◆ Exercise requirements
Could you reproduce the material below exactly, from the line containing "self.tell(signals_line(alloc, &self.edges.signals));" through its last line, and leave out everything else?

[Start of section]

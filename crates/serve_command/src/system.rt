//! The system as the host of a farm.

use crate::addresses::Addresses;
use crate::host::FarmHost;
use crate::line_queue::LineQueue;
use crate::manager::{FarmManager, Stage};
use crate::signals::signals_line;
use devices::{DialError, Folder, TcpLink};
use end_signals::{EndSignals, SignalsUnread, read_signals};
use farm_page::{FailureView, FarmView};
use http_jobs::{CallTimes, SystemClock, TcpDial};
use page_server::{Door, EndFlag, PageTimes, SharedPage};
use plan_model::FuncId;
use pool_settings::Settings;
use run_command::{Attempted, EndedWorker, Host, Progress, RunEnd, System, Watch, time_in_seconds};
use server_link::ServerLink;
use service_manager::ManagerError;
use service_settings::Page;
use std::alloc::{AllocError, Global};
use std::io;
use std::net::{Ipv4Addr, Net, TcpListener, TcpStream, UdpSocket};
use std::rt::{Clock, Env};
use std::sync::{Arc, Wait};
use std::thread::Threads;

/// What a farm shares with the threads at its edges, which nobody joins: one that raises the flag when it has to end, one that writes its
/// lines, and those of its page.
#[derive(Drop)]
pub struct Edges {
    /// Whether it has to end.
    pub end: Arc<EndFlag>,
    /// Its lines.
    pub lines: LineQueue,
    /// Its page.
    pub page: Arc<SharedPage>,
    /// Which signals drain it.
    pub signals: Result<EndSignals, SignalsUnread>,
    /// Its service manager, if it has one.
    pub manager: Result<Option<FarmManager>, ManagerError>,
}

impl Edges {
    /// Those of a farm that goes on, before its first line. No signal drains it, and it has no service manager. The only error is out of
    /// memory.
    pub fn new(alloc: Global) -> Result<Edges, AllocError> {
        let end = Arc::new(alloc, EndFlag::new())?;
        let page = SharedPage::new(alloc, Arc::try_clone(&end)?);
        Ok(Edges {
            end,
            lines: LineQueue::new(alloc),
            page: Arc::new(alloc, page)?,
            signals: Ok(EndSignals::Neither),
            manager: Ok(None),
        })
    }

    /// The same of a farm that this process runs: the signals drain it that were blocked when the process started, and its service manager
    /// is the one that the environment names. The only error is out of memory.
    pub fn of_process<R: Env + Folder + Alloc<A = Global>>(rt: &R) -> Result<Edges, AllocError> {
        let mut edges = Edges::new(rt.alloc())?;
        edges.signals = read_signals(rt, rt.alloc()).map(|status| status.blocked);
        edges.manager = FarmManager::of_environment(rt);
        Ok(edges)
    }

    /// Whether a signal drains it.
    pub fn drains_at_signals(&self) -> bool {
        matches!(
            self.signals,
            Ok(EndSignals::Terminate | EndSignals::Interrupt | EndSignals::Both)
        )
    }

    /// Its service manager, if it has one that can be told something.
    fn manager(&self) -> Option<&FarmManager> {
        self.manager.as_ref().ok()?.as_ref()
    }
}

/// The door of a page, if the system opens its address.
fn door_of<R: Net<Stream = TcpStream, Listener = TcpListener>>(
    rt: &R,
    alloc: Global,
    page: &Page,
    times: PageTimes,
) -> io::Result<Door> {
    let listener = TcpListener::bind(rt, page.listen())?;
    listener.set_nonblocking(true)?;
    let mut hosts = Vec::new(alloc);
    for host in page.hosts() {
        hosts.push(String::from_str(alloc, host.as_str())?)?;
    }
    Ok(Door {
        listener,
        listen: String::from_str(alloc, page.listen())?,
        hosts,
        times,
        backlog: page.backlog(),
    })
}

/// The system as the host of a farm, and of a run as [`System`] is. Connections are opened over TCP. Each line of a farm is put after
/// the time, as RFC 3339 writes it, and into the queue.
#[derive(Drop)]
pub struct FarmSystem<'m, R> {
    rt: R,
    run: System<R>,
    edges: &'m Edges,
    addresses: Addresses,
}

impl<'m, R: Env + Alloc<A = Global> + Copy> FarmSystem<'m, R> {
    /// The system, with these edges.
    pub fn new(rt: R, edges: &'m Edges) -> FarmSystem<'m, R> {
        FarmSystem {
            rt,
            run: System::new(rt),
            edges,
            addresses: Addresses::new(rt.alloc()),
        }
    }
}

impl<'m, R: Clock + Alloc<A = Global>> FarmSystem<'m, R> {
    /// The time, as RFC 3339 writes it. None if the clock cannot be read, or if memory runs out.
    fn time_text(&self) -> Option<String> {
        let time = time_in_seconds(&self.rt)?;
        format!(in self.rt.alloc(); "{time}").ok()
    }

    /// A line after the time, with its line feed. The only error is out of memory.
    fn stamped(&self, line: Result<String, AllocError>) -> Result<String, AllocError> {
        let line = line?;
        match time_in_seconds(&self.rt) {
            Some(time) => format!(in self.rt.alloc(); "{time} {line}\n"),
            None => format!(in self.rt.alloc(); "- {line}\n"),
        }
    }
}

/// How many more files can be open now, if that is less than so many: as many sockets are opened, and closed again. So many if the system
/// says that something else is lacking.
fn free_files<R: Net>(rt: &R, alloc: Global, most: u32) -> u32 {
    let address = (Ipv4Addr::LOCALHOST, 0u16);
    let mut opened = Vec::new(alloc);
    for count in 0..most {
        match UdpSocket::bind(rt, address) {
            Ok(socket) => {
                if opened.push(socket).is_err() {
                    return most;
                }
            }
            Err(error) if DialError::of_connect(&error) == DialError::TooManyFiles => return count,
            Err(_) => return most,
        }
    }
    most
}

impl<'m, R: Threads> Threads for FarmSystem<'m, R> {}

impl<'m, R: Wait> Wait for FarmSystem<'m, R> {}

impl<'m, R: Clock + Wait> Watch for FarmSystem<'m, R> {
    fn now_ms(&self) -> Option<u64> {
        self.run.now_ms()
    }

    fn pause(&self, milliseconds: u32) {
        self.run.pause(milliseconds);
    }

    fn has_to_end(&self) -> bool {
        self.edges.end.is_raised(&self.rt)
    }
}

/// A run's progress, as [`System`] writes it.
impl<'m, R: Wait + Clock + Eprint + Alloc<A = Global>> Progress for FarmSystem<'m, R> {
    fn lacks_job(&self, settings: &Settings, function: FuncId) {
        self.run.lacks_job(settings, function);
    }

    fn attempted(&self, made: &Attempted<'_>) {
        self.run.attempted(made);
    }

    fn ended(&self, ended: &EndedWorker<'_>) {
        self.run.ended(ended);
    }

    fn finished(&self, ended: &RunEnd) {
        self.run.finished(ended);
    }
}

impl<
    'm,
    R: Threads
        + Wait
        + Clock
        + Eprint
        + Alloc<A = Global>
        + Net<Stream = TcpStream>
        + Sync
        + Send
        + Copy,
> Host for FarmSystem<'m, R> {
    type Link = ServerLink<TcpLink, R>;

    /// A link that fails if the job server answers nothing, and lets its worker look up if the job server talks without end.
    fn reach(&self, server: &str, lull_ms: u32) -> Option<ServerLink<TcpLink, R>> {
        let link = self.run.reach_until_end(self, server, lull_ms)?;
        Some(ServerLink::new(link, self.rt))
    }

    fn doubt(&self) {
        self.run.doubt();
    }
}

impl<
    'm,
    R: Threads
        + Wait
        + Clock
        + Eprint
        + Alloc<A = Global>
        + Net<Stream = TcpStream, Listener = TcpListener>
        + Sync
        + Send
        + Copy,
> FarmHost for FarmSystem<'m, R> {
    type Call = TcpLink;

    type Dials = TcpDial<R>;

    type Times = SystemClock<R>;

    fn dials(&self, host: String, times: CallTimes) -> TcpDial<R> {
        let last = self.addresses.of(&self.rt, self.rt.alloc(), host.as_str());
        let dials = TcpDial::new(self.rt, host, times);
        match last {
            Ok(last) => dials.beside(&self.rt, last),
            Err(_) => dials,
        }
    }

    fn looks(&self, host: String, times: CallTimes) -> TcpDial<R> {
        self.dials(host, times).from_last()
    }

    fn times(&self) -> SystemClock<R> {
        SystemClock::new(self.rt)
    }

    fn free_files(&self, most: u32) -> u32 {
        free_files(&self.rt, self.rt.alloc(), most)
    }

    fn last_failure(&self) -> Option<DialError> {
        self.run.last_failure()
    }

    fn is_to_end(&self) -> bool {
        self.edges.end.is_raised(&self.rt)
    }

    fn begin_end(&self) {
        self.edges.end.raise(&self.rt);
    }

    fn rest(&self, milliseconds: u32) {
        self.edges.end.rest(&self.rt, milliseconds);
    }

    fn rest_until_rung(&self, milliseconds: u32) -> bool {
        self.edges.end.rest_until_rung(&self.rt, milliseconds)
    }

    fn ring(&self) {
        self.edges.end.ring(&self.rt);
    }

    fn dated(&self, failure: FailureView) -> FailureView {
        let mut failure = failure;
        if let Some(time) = self.time_text() {
            failure.time = time;
        }
        failure
    }

    fn tell(&self, line: Result<String, AllocError>) {
        self.edges.lines.put(&self.rt, self.stamped(line));
    }

    fn tell_last(&self, line: Result<String, AllocError>) {
        self.edges.lines.put_last(&self.rt, self.stamped(line));
    }

    fn tell_start(&self) {
        let alloc = self.rt.alloc();
        self.tell(signals_line(alloc, &self.edges.signals));
        if let Err(why) = &self.edges.manager {
            self.tell(format!(in alloc; "nomanager ({why})"));
        }
    }

    fn note_stage(&self, stage: Stage) {
        if let Some(manager) = self.edges.manager() {
            manager.note(&self.rt, stage);
        }
    }

    fn note_alive(&self) {
        if let Some(manager) = self.edges.manager() {
            manager.note_alive();
        }
    }

    fn open_page(&self, page: &Page, times: PageTimes) -> io::Result<()> {
        let door = door_of(&self.rt, self.rt.alloc(), page, times)?;
        self.edges.page.open(&self.rt, door);
        Ok(())
    }

    fn show(&self, view: FarmView) {
        let mut view = view;
        view.time = self.time_text();
        if let Ok(view) = Arc::new(self.rt.alloc(), view) {
            self.edges.page.shown.show(&self.rt, view);
        }
    }

    fn tell_end(&self, text: String) {
        self.edges.page.end_text.tell(&self.rt, text);
    }
}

[End of section]

◆ Task result
        self.tell(signals_line(alloc, &self.edges.signals));
        if let Err(why) = &self.edges.manager {
            self.tell(format!(in alloc; "nomanager ({why})"));
        }
    }

    fn note_stage(&self, stage: Stage) {
        if let Some(manager) = self.edges.manager() {
            manager.note(&self.rt, stage);
        }
    }

    fn note_alive(&self) {
        if let Some(manager) = self.edges.manager() {
            manager.note_alive();
        }
    }

    fn open_page(&self, page: &Page, times: PageTimes) -> io::Result<()> {
        let door = door_of(&self.rt, self.rt.alloc(), page, times)?;
        self.edges.page.open(&self.rt, door);
        Ok(())
    }

    fn show(&self, view: FarmView) {
        let mut view = view;
        view.time = self.time_text();
        if let Ok(view) = Arc::new(self.rt.alloc(), view) {
            self.edges.page.shown.show(&self.rt, view);
        }
    }

    fn tell_end(&self, text: String) {
        self.edges.page.end_text.tell(&self.rt, text);
    }
}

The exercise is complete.